How old are you? You are still an employee and my guess is you are over 35? I started my own biz at 22.

Not likely to need a wheelchair soon. I can go out the door right now and run 6, 7 plus minute miles and do often.

I am very content with the "rate my business is going". I have more equipment than national franchise companies, got mass wealthy clients, makes gobs of money and............still GET to climb. Numbnuts like you hate climbing, prob get pushed around by the foreman and come on the forum and take your inadaquacies out on posters. You are the grumpiest poster I have ever run into on any of the major forums.



> In my opinion if im climbing in my fifties, I made some poor decisions along the way


.

proves above point. 

I have to admit I prob am a bit of a physical freak. At least that is what 30 year olds say that I play racquetball with....but I have made myself this mostly (that and being a treeman).



> A very wise climber told me this is a young mans game and i agree. If im not running a successful tree service in my fifties ,at minimum Ill be supervising one, definitely not climbing


.

I am "running a successful tree service" and have been for 40 years. Live in a $400,000 plus house, drive a new one ton silverado, bought the wife a new BMW 3 series all wheel drive station wagon, have tons of toys, put 3 kids through college, live in an exclusive neighborhood in a upper middle class town. All this with just me and 1 groundman.

Again proves my point that you are not even a supervisor. You likely can get the jobs done but your attitude and ignorance is holding (holden) you back.
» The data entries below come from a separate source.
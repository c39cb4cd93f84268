//! Lines of a policy, written.
ghost use Rattle.std.specs.Prelude.{◌≡◌, ◌∷◌, ◌++◌, [], codes, decimal, OnOk};
ghost use Rattle.gt_text.specs.Words.{spaced};
ghost use Rattle.civil_time.specs.Text.{civil_text};
ghost use Rattle.periodic_expr.specs.Printed.{expr_text};
ghost use Rattle.policy_words.specs.Wording.{head_words, delay_words};
ghost use Rattle.policy_words.specs.Sayings.{said_words, version, limit, period, edge, cap, opening, entry, trigger, during_words, kind_word, strength_word, cap_word, form_word};
ghost use Rattle.policy_words.specs.Seen.{seen_said};
ghost use Rattle.policy_lines.specs.Spaces.{later, led};

use crate::part_texts::{
    add_cond, add_head, add_items, add_name, add_names, add_number, add_pair, add_word, push_delay,
};
use crate::verbs::cond_text;
use civil_time::write_civil;
use gt_base::{Form, Instant, Memory, Name, Prio};
use periodic_expr::{Expr, print_expr};
use policy_words::{CapKind, EdgeKind, Item, NamedCond, NamedFluent, NamedHead, Said};

/// Adds a verb and one name: the form of declarations and of administrators.
fn write_named(text: &mut Vec<u8>, verb: &[u8], name: &Name) -> Result<(), Memory>
    ensures { OnOk result (text.new.items ≡ text.old.items ++ led (verb.now ∷ name.now ∷ [])) }
{
    text.extend_from_slice(verb)?;
    add_name(text, name)
}

/// Adds a space and a minute; the first and the last one of all too, never `*`.
fn add_instant(text: &mut Vec<u8>, t: Instant) -> Result<(), Memory>
    ensures { OnOk result (text.new.items ≡ text.old.items ++ later (civil_text t ∷ [])) }
{
    add_word(text, &write_civil(t))
}

/// Adds a space and an expression with its length, also one that was left out.
fn add_expr(text: &mut Vec<u8>, expr: &Expr) -> Result<(), Memory>
    ensures { OnOk result (text.new.items ≡ text.old.items ++ later (expr_text expr.now ∷ [])) }
{
    let printed = print_expr(*text.allocator(), expr)?;
    add_word(text, printed.as_slice())
}

/// Adds the two bounds and the expression of a period.
fn add_period(text: &mut Vec<u8>, first: Instant, last: Instant, expr: &Expr) -> Result<(), Memory>
    ensures { OnOk result (text.new.items ≡ text.old.items
        ++ later (civil_text first ∷ civil_text last ∷ expr_text expr.now ∷ [])) }
{
    add_instant(text, first)?;
    add_instant(text, last)?;
    add_expr(text, expr)
}

/// Adds the line of a period.
fn write_period(
    text: &mut Vec<u8>,
    name: &Name,
    first: Instant,
    last: Instant,
    expr: &Expr,
) -> Result<(), Memory>
    ensures { OnOk result (text.new.items ≡ text.old.items
        ++ led (said_words (period name.now first last expr.now))) }
{
    write_named(text, b"period", name)?;
    add_period(text, first, last, expr)
}

/// Adds `during` and a period; nothing where a limit holds at all times.
fn add_during(text: &mut Vec<u8>, period: &Option<Name>) -> Result<(), Memory>
    ensures { OnOk result (text.new.items ≡ text.old.items ++ later (during_words period.now)) }
{
    match period {
        None => Ok(()),
        Some(name) => {
            add_word(text, b"during")?;
            add_name(text, name)
        }
    }
}

/// Adds `max`, the minutes, and the period where there is one.
fn add_most(text: &mut Vec<u8>, most: u32, period: &Option<Name>) -> Result<(), Memory>
    ensures { OnOk result (text.new.items ≡ text.old.items
        ++ later (codes "max" ∷ decimal most ∷ during_words period.now)) }
{
    add_word(text, b"max")?;
    add_number(text, most)?;
    add_during(text, period)
}

/// Adds the line of a limit.
fn write_limit(
    text: &mut Vec<u8>,
    name: &Name,
    prio: Prio,
    cond: &NamedCond,
    most: u32,
    period: &Option<Name>,
) -> Result<(), Memory>
    ensures { OnOk result (text.new.items ≡ text.old.items
        ++ led (said_words (limit name.now prio cond.now most period.now))) }
{
    write_named(text, b"limit", name)?;
    add_number(text, u32::from(prio.get()))?;
    add_cond(text, cond)?;
    add_most(text, most, period)
}

/// Adds the line of a version.
fn write_version(text: &mut Vec<u8>, n: u32) -> Result<(), Memory>
    ensures { OnOk result (text.new.items ≡ text.old.items ++ led (said_words (version n))) }
{
    text.extend_from_slice(b"policy")?;
    add_number(text, n)
}

/// The word of a kind of edge.
pub(crate) fn kind_text(kind: EdgeKind) -> &'static [u8]
    ensures { result.now ≡ kind_word kind }
{
    match kind {
        EdgeKind::I => b"i",
        EdgeKind::A => b"a",
        EdgeKind::Ia => b"ia",
    }
}

/// The word of an edge's strength.
pub(crate) fn strength_text(strong: bool) -> &'static [u8]
    ensures { result.now ≡ strength_word strong }
{
    if strong { b"strong" } else { b"weak" }
}

/// The word of a kind of cap.
pub(crate) fn cap_text(kind: CapKind) -> &'static [u8]
    ensures { result.now ≡ cap_word kind }
{
    match kind {
        CapKind::Total => b"total",
        CapKind::User => b"user",
        CapKind::Length => b"length",
        CapKind::Day => b"day",
    }
}

/// The word of an entry's form.
pub(crate) fn form_text(form: Form) -> &'static [u8]
    ensures { result.now ≡ form_word form }
{
    match form {
        Form::Each => b"each",
        Form::Start => b"start",
        Form::Span => b"span",
    }
}

/// Adds the line of an edge.
fn write_edge(
    text: &mut Vec<u8>,
    kind: EdgeKind,
    strong: bool,
    senior: &Name,
    junior: &Name,
) -> Result<(), Memory>
    ensures { OnOk result (text.new.items ≡ text.old.items
        ++ led (said_words (edge kind strong senior.now junior.now))) }
{
    text.extend_from_slice(b"edge")?;
    add_word(text, kind_text(kind))?;
    add_word(text, strength_text(strong))?;
    add_pair(text, senior, junior)
}

/// Adds the line of a cap; `n` counts activations or minutes, by its kind.
fn write_cap(text: &mut Vec<u8>, kind: CapKind, role: &Name, n: u32) -> Result<(), Memory>
    ensures { OnOk result (text.new.items ≡ text.old.items
        ++ led (said_words (cap kind role.now n))) }
{
    text.extend_from_slice(b"cap")?;
    add_word(text, cap_text(kind))?;
    add_name(text, role)?;
    add_number(text, n)
}

/// Adds the line that says that a fluent is on at first, with the verb of its condition.
fn write_opening(text: &mut Vec<u8>, fluent: &NamedFluent) -> Result<(), Memory>
    ensures { OnOk result (text.new.items ≡ text.old.items
        ++ led (said_words (opening fluent.now))) }
{
    text.extend_from_slice(cond_text(true, fluent.sort()))?;
    add_names(text, fluent)
}

/// Adds the line of a periodic entry, whose form is its first word.
fn write_entry(
    text: &mut Vec<u8>,
    form: Form,
    period: &Name,
    head: &NamedHead,
) -> Result<(), Memory>
    ensures { OnOk result (text.new.items ≡ text.old.items
        ++ led (said_words (entry form period.now head.now))) }
{
    write_named(text, form_text(form), period)?;
    add_head(text, head)
}

/// Adds what stands behind a body: `then`, the head and the delay, where it is not 0.
fn add_effect(text: &mut Vec<u8>, head: &NamedHead, delay: u32) -> Result<(), Memory>
    ensures { OnOk result (text.new.items ≡ text.old.items
        ++ later (codes "then" ∷ head_words head.now ++ delay_words delay)) }
{
    add_word(text, b"then")?;
    add_head(text, head)?;
    push_delay(text, delay)
}

/// Adds the line of a trigger.
fn write_trigger(
    text: &mut Vec<u8>,
    items: &[Item],
    head: &NamedHead,
    delay: u32,
) -> Result<(), Memory>
    ensures { OnOk result (text.new.items ≡ text.old.items
        ++ led (said_words (trigger items.now head.now delay))) }
{
    text.extend_from_slice(b"when")?;
    add_items(text, items)?;
    add_effect(text, head, delay)
}

/// Adds the line of a saying.
fn write_said(text: &mut Vec<u8>, said: &Said) -> Result<(), Memory>
    ensures { OnOk result (text.new.items ≡ text.old.items
        ++ led (said_words (seen_said said.now))) }
{
    match said {
        Said::Version(n) => write_version(text, *n),
        Said::Role(name) => write_named(text, b"role", name),
        Said::User(name) => write_named(text, b"user", name),
        Said::Perm(name) => write_named(text, b"perm", name),
        Said::Period {
            name,
            first,
            last,
            expr,
        } => write_period(text, name, *first, *last, expr),
        Said::Limit {
            name,
            prio,
            cond,
            most,
            period,
        } => write_limit(text, name, *prio, cond, *most, period),
        Said::Edge {
            kind,
            strong,
            senior,
            junior,
        } => write_edge(text, *kind, *strong, senior, junior),
        Said::Cap { kind, role, n } => write_cap(text, *kind, role, *n),
        Said::Admin(name) => write_named(text, b"admin", name),
        Said::Opening(fluent) => write_opening(text, fluent),
        Said::Entry { form, period, head } => write_entry(text, *form, period, head),
        Said::When { items, head, delay } => write_trigger(text, items.as_slice(), head, *delay),
    }
}

/// Adds the line that says it, without a line feed, words with one space between them.
pub fn push_said(text: &mut Vec<u8>, said: &Said) -> Result<(), Memory>
    ensures { OnOk result (text.new.items ≡ text.old.items
        ++ spaced (said_words (seen_said said.now))) }
{
    write_said(text, said)
}

/// Adds the line of a period, words with one space between them.
pub fn push_period(
    text: &mut Vec<u8>,
    name: &Name,
    first: Instant,
    last: Instant,
    expr: &Expr,
) -> Result<(), Memory>
    ensures { OnOk result (text.new.items ≡ text.old.items
        ++ spaced (said_words (period name.now first last expr.now))) }
{
    write_period(text, name, first, last, expr)
}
That leaves you "holden wood (a woody by yourself lol)". You think people hate climbing but it is just you and your "wise climber" friends (prob hate climbing from being around your sadsack ahss).

There is an entire club on Buzz that has an annual contest called "geezers" that LOVE climbing unlike you. They wake, eat, train, practice, equip, sleep and dream climbing. Climbing is the love of my life. Without it you are just a has been that could be sitting in any cubicle anywhere with some knowledge of tree care and my guess is you have very little knowledge as well.

You probably drink your misery away but this in turn causes more misery for you and those around you. Get some help and maybe smile in the mirror once a while. (I'll send bill for perscription).


----------



## sgreanbeans (Dec 27, 2010)

Kablam!


----------



## tree MDS (Dec 27, 2010)

sgreanbeans said:


> Kablam!



Oh, I dont know, some good jabs from holden as well if you ask me..

AA, I wouldn't be buying a GRCS for what you're thinking.. trust me it's been tried before.


----------



## sgreanbeans (Dec 27, 2010)

I know, just trying to lighten the mood! Mood? did I spell that right! Mude, Mewed,Muud, gotta be Mood!


----------



## treevet (Dec 27, 2010)

Aerial Arborist said:


> I can build a better Wraptor that I don't have to take up with me.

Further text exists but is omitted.